In 2017, President Donald Trump was invited by French President Emmanuel Macron to attend the Bastille Day military parade in Paris on July 14, in honor of the countries' diplomatic relations and the centenary of the United States' entry into World War I. Following the parade, Trump expressed admiration for the event and said he wanted the United States to "top it" with a similar, military-focused event. Trump proposed a military parade be held in Washington on Veterans Day in 2018, in honor of the centenary of World War I's conclusion. However, Trump later withdrew the proposal due to cost concerns.
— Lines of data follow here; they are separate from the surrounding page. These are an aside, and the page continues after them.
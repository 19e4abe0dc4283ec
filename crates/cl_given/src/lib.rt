//! What the tests share: loaders, classes with their files, sources of these, and what histories and answers tell.
#![tactic(auto)]

mod answers;
mod classes;
mod loaders;
mod sources;

pub use answers::{count_events, settles_once, thousand_resolutions};
pub use classes::{Named, bytes_of, class_name, file_bytes, is_class};
pub use loaders::{APP, BOOT, KID, LOADERS, PLUG, config, script};
pub use sources::{SHARED, put, source, telling_source};
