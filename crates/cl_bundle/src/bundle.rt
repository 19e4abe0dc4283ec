ghost use Rattle.std.specs.Prelude.{◌≡◌, ◌++◌, IfOk, IfErr, OnOk, None, Some, length, map, option_map, string_bytes};
ghost use Rattle.std.specs.List.{concat};
ghost use Rattle.cl_config.specs.Views.{names_of};
ghost use Rattle.cl_lines.specs.Lines.{words_of, stated_lines};
ghost use Rattle.cl_config.specs.Scripts.{HasLoaders};
ghost use Rattle.cl_bundle.specs.Bundles.{BundleOf, ConfigFaultOf, ContentsOf, PutOf};
ghost use Rattle.cl_bundle.specs.Contents.{FaultOf, TextWritten, Written, all_digits, class_text, hex_bytes, is_hex, line_digits};
ghost use Rattle.cl_bundle.specs.Cuts.{cut_part};
ghost use Rattle.cl_bundle.specs.Faults.{UnlessMemory};

use crate::fault::BundleFault;
use crate::sections::{self, ClassSection};
use cl_config::{Config, ConfigError, Script};
use cl_lines::{Stated, Words};
use cl_names::Seed;
use cl_source::{MemorySource, SourceFault};
use cl_writer::{AssembleFault, WriteFault, assemble_with_hasher, write};
use hex::FromHexError;
use std::alloc::{AllocError, Global};

/// A bundle: the loaders, what each has for its names, and what is asked.
#[derive(Drop)]
pub struct Bundle {
    pub config: Config,
    pub source: MemorySource,
    pub script: Script,
}

/// Reads a bundle from its front: section lines, configuration, class sections in order, script. The first thing that
/// is wrong is `BadLine`, with its line, `Config` in the configuration, `Class` in the assembler text of a class, or in the
/// script `Script`. Where memory is out it is `Memory`, or the assembler's or the script's own fault. What is made of the
/// bundle finds names in tables that hash with this seed; no answer depends on it.
pub fn read(alloc: Global, seed: Seed, text: &str) -> Result<Bundle, BundleFault>
    ensures bundle { BundleOf text.now result }
    ensures loaders { IfOk result (λ b. HasLoaders (length b.config.loaders) b.script.requests) }
{
    let sections = sections::cut(alloc, text)?;
    let config = read_config(alloc, seed, sections.config)?;
    let source = read_classes(alloc, &config, sections.classes)?;
    let script = Script::read(alloc, &config, sections.script)?;
    Ok(Bundle {
        config,
        source,
        script,
    })
}

fn read_config(alloc: Global, seed: Seed, text: &str) -> Result<Config, BundleFault>
    ensures { ConfigFaultOf text.now result }
{
    match Config::read(alloc, text) {
        Ok(config) => Ok(config.with_seed(seed)),
        Err(ConfigError::Memory) => Err(BundleFault::Memory),
        Err(ConfigError::Fault(fault)) => Err(BundleFault::Config(fault)),
    }
}

/// The source of what the class sections write, each in turn.
fn read_classes(
    alloc: Global,
    config: &Config,
    classes: Vec<ClassSection<'_>>,
) -> Result<MemorySource, BundleFault>
    ensures { ContentsOf (names_of config.now) (map cut_part classes.entry.items) result }
{
    let mut source = MemorySource::with_hasher(alloc, config.seed());
    for section in classes {
        put(alloc, config, section, &mut source)?;
    }
    Ok(source)
}

/// Puts the content of a class section into a source. Its loader is looked at first, then whether this loader and name
/// have a section already, and then its content.
fn put(
    alloc: Global,
    config: &Config,
    section: ClassSection<'_>,
    source: &mut MemorySource,
) -> Result<(), BundleFault>
    ensures { PutOf (names_of config.now) (cut_part section.entry) source.old result source.new }
{
    let line = section.line;
    let Some(loader) = config.loader(section.loader) else {
        return Err(BundleFault::BadLine(line));
    };
    if source.has(loader, &section.name) {
        return Err(BundleFault::BadLine(line));
    }
    let bytes = class_bytes(alloc, config.seed(), &section)?;
    match source.put(alloc, loader, section.name, bytes) {
        Ok(()) => Ok(()),
        Err(refused) => Err(match refused.fault {
            SourceFault::Memory => BundleFault::Memory,
            _ => BundleFault::BadLine(line),
        }),
    }
}

/// The bytes that a class section writes: in hexadecimal, where its first line begins so, else as assembler text.
fn class_bytes(
    alloc: Global,
    seed: Seed,
    section: &ClassSection<'_>,
) -> Result<Vec<u8>, BundleFault>
    ensures ok { IfOk result (λ bytes. Written (cut_part section.now) (Ok bytes.items)) }
    ensures err { IfErr result (λ fault. UnlessMemory fault (Written (cut_part section.now)
        (Err fault))) }
{
    if !is_hex(section.body) {
        return text_bytes(alloc, seed, section);
    }
    match hex_bytes(alloc, section.body) {
        Ok(bytes) => Ok(bytes),
        Err(HexFault::Memory) => Err(BundleFault::Memory),
        Err(HexFault::Bad) => Err(BundleFault::BadLine(section.line)),
    }
}

/// Whether the first line that is not skipped begins with `@hex`.
fn is_hex(body: &str) -> bool
    ensures { result ≡ is_hex (stated_lines body.now) }
{
    match Stated::new(body).next() {
        Some(line) => Words::new(line.text).next() == Some("@hex"),
        None => false,
    }
}

/// The bytes of the class that a section of assembler text describes.
#[tactic(auto, using(crate::proofs::Refusals::refused_text))]
fn text_bytes(alloc: Global, seed: Seed, section: &ClassSection<'_>) -> Result<Vec<u8>, BundleFault>
    ensures ok { IfOk result (λ bytes. TextWritten (cut_part section.now) (Ok bytes.items)) }
    ensures err { IfErr result (λ fault. UnlessMemory fault (TextWritten (cut_part section.now)
        (Err fault))) }
{
    match assemble_with_hasher(alloc, seed, section.body) {
        Ok(file) => match write(alloc, &file) {
            Ok(bytes) => Ok(bytes),
            Err(WriteFault::Memory) => Err(BundleFault::Memory),
        },
        Err(fault) => Err(class_fault(alloc, section, fault)),
    }
}

/// The fault of a section whose assembler text has this one.
fn class_fault(alloc: Global, section: &ClassSection<'_>, fault: AssembleFault) -> BundleFault
    ensures { FaultOf (cut_part section.now) fault result }
{
    match class_text(alloc, section) {
        Ok(class) => BundleFault::Class { class, fault },
        Err(_) => BundleFault::Memory,
    }
}

/// The text `N@L` of a section: its name in escaped text, and its loader.
fn class_text(alloc: Global, section: &ClassSection<'_>) -> Result<String, AllocError>
    ensures { IfOk result (λ text. string_bytes text ≡ class_text (cut_part section.now)) }
{
    let mut text = section.name.text(alloc).map_err(|_| AllocError)?;
    text.push_str("@")?;
    text.push_str(section.loader)?;
    Ok(text)
}

/// Why the lines of a class section give no bytes.
#[derive(Clone, Copy)]
enum HexFault {
    Memory,
    /// There is a line that does not begin with `@hex`, or what follows is not hexadecimal.
    Bad,
}

impl From<AllocError> for HexFault {
    ghost use Rattle.cl_bundle.specs.declared.bundle.HexFault.TheVariants.{Memory};

    ghost from_gives = { λ _ e. e ≡ Memory };

    fn from(_error: AllocError) -> HexFault {
        HexFault::Memory
    }
}

/// The bytes that the `@hex` lines of a class section write.
fn hex_bytes(alloc: Global, body: &str) -> Result<Vec<u8>, HexFault>
    ensures ok { IfOk result (λ bytes. hex_bytes (stated_lines body.now) ≡ Some bytes.items) }
    ensures bad { result ≡ Err HexFault.Bad → hex_bytes (stated_lines body.now) ≡ None }
{
    let digits = hex_digits(alloc, body)?;
    match hex::decode(alloc, digits.as_str()) {
        Ok(bytes) => Ok(bytes),
        Err(FromHexError::OutOfMemory) => Err(HexFault::Memory),
        Err(_) => Err(HexFault::Bad),
    }
}

/// The words behind `@hex` of all lines that are not skipped, joined.
fn hex_digits(alloc: Global, body: &str) -> Result<String, HexFault>
    ensures ok { IfOk result (λ digits. all_digits (stated_lines body.now)
        ≡ Some (string_bytes digits)) }
    ensures bad { result ≡ Err HexFault.Bad → all_digits (stated_lines body.now) ≡ None }
{
    let mut digits = String::new(alloc);
    for line in Stated::new(body) {
        push_digits(&mut digits, line.text)?;
    }
    Ok(digits)
}

/// Puts the words of a line that stand behind `@hex` to the digits.
fn push_digits(digits: &mut String, line: &str) -> Result<(), HexFault>
    ensures ok { OnOk result (option_map (λ more. string_bytes digits.old ++ more)
        (line_digits (words_of line.now)) ≡ Some (string_bytes digits.new)) }
    ensures bad { result ≡ Err HexFault.Bad → line_digits (words_of line.now) ≡ None }
{
    let mut words = Words::new(line);
    if words.next() != Some("@hex") {
        return Err(HexFault::Bad);
    }
    Ok(push_words(digits, words)?)
}

/// Puts words to the digits.
fn push_words(digits: &mut String, words: Words<'_>) -> Result<(), AllocError>
    ensures { OnOk result (string_bytes digits.new ≡ string_bytes digits.old ++ concat
        (words_of words.entry)) }
{
    for word in words {
        digits.push_str(word)?;
    }
    Ok(())
}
In February 2019, Trump announced on Twitter plans for a "Salute to America" celebration on Independence Day, promising entertainment, a "major" fireworks display and "an address by your favorite President, me!" It was later revealed that this speech would be given from the steps of the Lincoln Memorial. Trump would become the first president to speak there since Harry Truman marked the 175th anniversary of the signing of the Declaration of Independence in an address from the National Mall on Independence Day, 1951.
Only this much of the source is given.